DATASET ENTRIES:
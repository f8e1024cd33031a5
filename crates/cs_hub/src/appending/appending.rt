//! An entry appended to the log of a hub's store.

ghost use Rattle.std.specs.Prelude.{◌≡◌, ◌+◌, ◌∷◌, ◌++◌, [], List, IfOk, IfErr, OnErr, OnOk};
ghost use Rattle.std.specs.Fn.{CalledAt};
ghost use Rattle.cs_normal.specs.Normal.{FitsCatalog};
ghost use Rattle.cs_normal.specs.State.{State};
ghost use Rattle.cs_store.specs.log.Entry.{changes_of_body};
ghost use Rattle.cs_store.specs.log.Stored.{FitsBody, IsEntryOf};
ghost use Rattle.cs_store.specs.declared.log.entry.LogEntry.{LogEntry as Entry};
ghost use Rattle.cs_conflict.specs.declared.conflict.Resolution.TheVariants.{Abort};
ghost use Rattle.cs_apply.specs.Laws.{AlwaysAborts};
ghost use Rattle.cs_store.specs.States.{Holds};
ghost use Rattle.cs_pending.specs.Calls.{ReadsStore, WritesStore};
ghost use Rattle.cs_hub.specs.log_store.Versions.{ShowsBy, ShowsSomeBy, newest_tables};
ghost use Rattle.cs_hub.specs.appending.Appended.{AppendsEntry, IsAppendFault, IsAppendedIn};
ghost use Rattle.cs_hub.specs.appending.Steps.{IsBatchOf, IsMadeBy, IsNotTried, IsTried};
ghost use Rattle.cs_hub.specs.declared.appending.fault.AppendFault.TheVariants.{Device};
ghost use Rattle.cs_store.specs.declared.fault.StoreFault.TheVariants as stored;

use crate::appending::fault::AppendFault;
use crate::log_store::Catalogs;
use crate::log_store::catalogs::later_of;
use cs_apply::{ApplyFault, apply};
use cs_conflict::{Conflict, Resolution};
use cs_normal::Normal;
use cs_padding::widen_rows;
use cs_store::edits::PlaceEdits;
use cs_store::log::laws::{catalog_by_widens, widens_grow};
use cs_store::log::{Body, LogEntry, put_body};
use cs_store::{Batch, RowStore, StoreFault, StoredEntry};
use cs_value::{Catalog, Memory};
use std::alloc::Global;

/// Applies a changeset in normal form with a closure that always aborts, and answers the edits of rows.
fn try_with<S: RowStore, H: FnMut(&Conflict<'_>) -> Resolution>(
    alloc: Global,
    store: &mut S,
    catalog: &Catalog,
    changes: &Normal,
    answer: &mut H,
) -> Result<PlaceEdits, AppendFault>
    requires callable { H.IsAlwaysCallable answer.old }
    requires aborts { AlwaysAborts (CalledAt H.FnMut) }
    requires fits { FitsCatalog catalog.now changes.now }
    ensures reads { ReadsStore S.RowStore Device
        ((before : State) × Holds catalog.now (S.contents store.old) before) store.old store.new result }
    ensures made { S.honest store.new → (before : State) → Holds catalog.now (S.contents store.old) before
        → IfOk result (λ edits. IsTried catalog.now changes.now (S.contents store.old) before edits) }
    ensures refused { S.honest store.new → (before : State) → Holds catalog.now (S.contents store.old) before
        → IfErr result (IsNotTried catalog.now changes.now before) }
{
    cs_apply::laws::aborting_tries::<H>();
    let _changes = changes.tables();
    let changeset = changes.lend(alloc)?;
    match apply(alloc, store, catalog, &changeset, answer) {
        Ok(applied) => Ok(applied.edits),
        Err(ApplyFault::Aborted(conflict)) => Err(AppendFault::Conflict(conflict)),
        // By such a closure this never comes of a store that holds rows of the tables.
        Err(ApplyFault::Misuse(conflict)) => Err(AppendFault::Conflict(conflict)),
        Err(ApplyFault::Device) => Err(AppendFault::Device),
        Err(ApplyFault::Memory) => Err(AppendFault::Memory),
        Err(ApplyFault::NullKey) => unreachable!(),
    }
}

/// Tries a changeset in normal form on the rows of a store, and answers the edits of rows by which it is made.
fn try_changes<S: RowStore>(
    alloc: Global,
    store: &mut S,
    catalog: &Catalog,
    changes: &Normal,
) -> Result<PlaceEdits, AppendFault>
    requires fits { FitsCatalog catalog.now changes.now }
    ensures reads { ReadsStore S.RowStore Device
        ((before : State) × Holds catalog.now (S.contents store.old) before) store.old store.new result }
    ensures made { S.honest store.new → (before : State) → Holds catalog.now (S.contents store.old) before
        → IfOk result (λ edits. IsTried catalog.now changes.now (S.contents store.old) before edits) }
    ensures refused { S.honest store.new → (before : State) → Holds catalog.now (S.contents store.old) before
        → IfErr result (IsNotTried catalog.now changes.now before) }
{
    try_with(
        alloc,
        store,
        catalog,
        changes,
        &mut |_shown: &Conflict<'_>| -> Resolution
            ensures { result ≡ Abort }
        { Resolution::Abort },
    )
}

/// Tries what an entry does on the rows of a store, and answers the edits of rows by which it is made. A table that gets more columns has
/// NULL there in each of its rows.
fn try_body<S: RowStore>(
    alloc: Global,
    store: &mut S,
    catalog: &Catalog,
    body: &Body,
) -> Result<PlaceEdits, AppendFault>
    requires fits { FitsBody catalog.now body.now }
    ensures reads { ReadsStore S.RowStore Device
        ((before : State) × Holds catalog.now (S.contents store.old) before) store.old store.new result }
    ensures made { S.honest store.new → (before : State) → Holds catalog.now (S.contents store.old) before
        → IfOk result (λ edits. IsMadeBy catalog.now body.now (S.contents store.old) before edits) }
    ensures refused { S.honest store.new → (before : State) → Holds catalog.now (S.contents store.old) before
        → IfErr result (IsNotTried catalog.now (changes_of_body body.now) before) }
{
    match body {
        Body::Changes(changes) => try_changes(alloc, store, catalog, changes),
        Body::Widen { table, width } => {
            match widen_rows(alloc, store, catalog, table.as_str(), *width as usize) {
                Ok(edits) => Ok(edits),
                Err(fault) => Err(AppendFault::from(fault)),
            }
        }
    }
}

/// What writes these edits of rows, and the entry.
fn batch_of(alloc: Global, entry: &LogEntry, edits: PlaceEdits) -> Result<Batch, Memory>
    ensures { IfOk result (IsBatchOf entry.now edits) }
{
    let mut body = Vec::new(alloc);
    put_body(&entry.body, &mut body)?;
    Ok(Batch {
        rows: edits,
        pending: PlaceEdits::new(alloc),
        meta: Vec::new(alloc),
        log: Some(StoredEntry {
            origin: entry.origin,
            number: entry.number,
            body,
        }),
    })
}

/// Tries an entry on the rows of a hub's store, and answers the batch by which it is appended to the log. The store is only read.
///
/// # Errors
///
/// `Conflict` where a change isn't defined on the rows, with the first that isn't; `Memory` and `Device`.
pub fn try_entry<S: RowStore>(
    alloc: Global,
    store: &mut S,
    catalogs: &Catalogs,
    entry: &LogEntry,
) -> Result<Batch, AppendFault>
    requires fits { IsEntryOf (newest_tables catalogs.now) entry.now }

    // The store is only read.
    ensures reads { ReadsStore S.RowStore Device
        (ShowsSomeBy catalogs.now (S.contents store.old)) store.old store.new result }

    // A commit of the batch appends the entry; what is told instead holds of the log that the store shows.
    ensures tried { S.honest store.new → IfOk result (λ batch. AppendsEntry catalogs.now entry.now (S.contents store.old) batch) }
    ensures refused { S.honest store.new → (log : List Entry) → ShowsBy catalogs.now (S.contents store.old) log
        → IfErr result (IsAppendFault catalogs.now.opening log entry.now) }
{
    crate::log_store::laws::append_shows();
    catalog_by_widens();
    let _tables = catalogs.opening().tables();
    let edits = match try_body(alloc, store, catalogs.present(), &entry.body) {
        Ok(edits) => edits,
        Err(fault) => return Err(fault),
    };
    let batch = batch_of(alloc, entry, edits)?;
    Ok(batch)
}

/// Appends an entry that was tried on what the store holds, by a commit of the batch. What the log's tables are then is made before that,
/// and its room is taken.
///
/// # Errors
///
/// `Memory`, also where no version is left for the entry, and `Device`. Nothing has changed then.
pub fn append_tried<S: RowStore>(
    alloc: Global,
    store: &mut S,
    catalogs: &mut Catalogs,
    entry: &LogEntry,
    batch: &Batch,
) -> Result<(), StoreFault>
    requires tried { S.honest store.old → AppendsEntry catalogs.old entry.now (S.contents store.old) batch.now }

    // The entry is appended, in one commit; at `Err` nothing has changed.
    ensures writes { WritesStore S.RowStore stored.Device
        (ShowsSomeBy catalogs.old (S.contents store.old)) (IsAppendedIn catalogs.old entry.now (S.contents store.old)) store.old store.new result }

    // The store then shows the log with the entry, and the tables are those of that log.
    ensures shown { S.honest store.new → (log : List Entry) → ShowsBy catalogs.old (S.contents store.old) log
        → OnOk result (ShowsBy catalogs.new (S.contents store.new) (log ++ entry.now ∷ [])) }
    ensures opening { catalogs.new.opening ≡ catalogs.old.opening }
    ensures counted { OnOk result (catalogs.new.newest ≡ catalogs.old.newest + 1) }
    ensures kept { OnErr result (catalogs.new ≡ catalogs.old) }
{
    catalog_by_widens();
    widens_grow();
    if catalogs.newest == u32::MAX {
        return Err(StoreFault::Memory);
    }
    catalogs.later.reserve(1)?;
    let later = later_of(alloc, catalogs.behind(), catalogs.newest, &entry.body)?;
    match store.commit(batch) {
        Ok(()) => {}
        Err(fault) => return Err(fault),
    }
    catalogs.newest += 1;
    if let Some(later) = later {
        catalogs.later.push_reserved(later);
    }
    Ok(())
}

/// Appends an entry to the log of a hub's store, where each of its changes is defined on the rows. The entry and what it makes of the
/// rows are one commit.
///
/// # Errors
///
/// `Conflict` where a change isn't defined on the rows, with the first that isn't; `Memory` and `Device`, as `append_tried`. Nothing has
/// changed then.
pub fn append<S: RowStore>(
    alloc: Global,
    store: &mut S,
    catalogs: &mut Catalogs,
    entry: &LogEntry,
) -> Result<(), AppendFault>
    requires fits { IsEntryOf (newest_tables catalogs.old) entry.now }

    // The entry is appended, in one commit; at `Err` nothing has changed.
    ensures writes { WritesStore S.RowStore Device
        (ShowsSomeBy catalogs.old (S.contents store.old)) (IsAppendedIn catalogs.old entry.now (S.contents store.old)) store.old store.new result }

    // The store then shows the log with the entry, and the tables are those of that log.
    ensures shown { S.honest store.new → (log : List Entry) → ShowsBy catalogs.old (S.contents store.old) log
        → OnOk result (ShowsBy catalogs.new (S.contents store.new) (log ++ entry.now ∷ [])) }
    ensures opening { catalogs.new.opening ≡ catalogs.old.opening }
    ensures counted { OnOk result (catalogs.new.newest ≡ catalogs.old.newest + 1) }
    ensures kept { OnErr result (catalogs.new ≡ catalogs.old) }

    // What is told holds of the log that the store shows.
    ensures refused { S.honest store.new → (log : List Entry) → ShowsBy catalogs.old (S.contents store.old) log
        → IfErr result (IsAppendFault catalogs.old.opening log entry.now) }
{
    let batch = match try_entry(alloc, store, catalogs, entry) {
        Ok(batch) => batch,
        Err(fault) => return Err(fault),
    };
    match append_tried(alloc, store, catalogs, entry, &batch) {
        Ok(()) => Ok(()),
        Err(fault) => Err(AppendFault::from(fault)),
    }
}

DESCRIPTION OF THE TASK:
Reply with nothing except the number of lines in the records that include the word "Resolution".

TASK SOLUTION:
5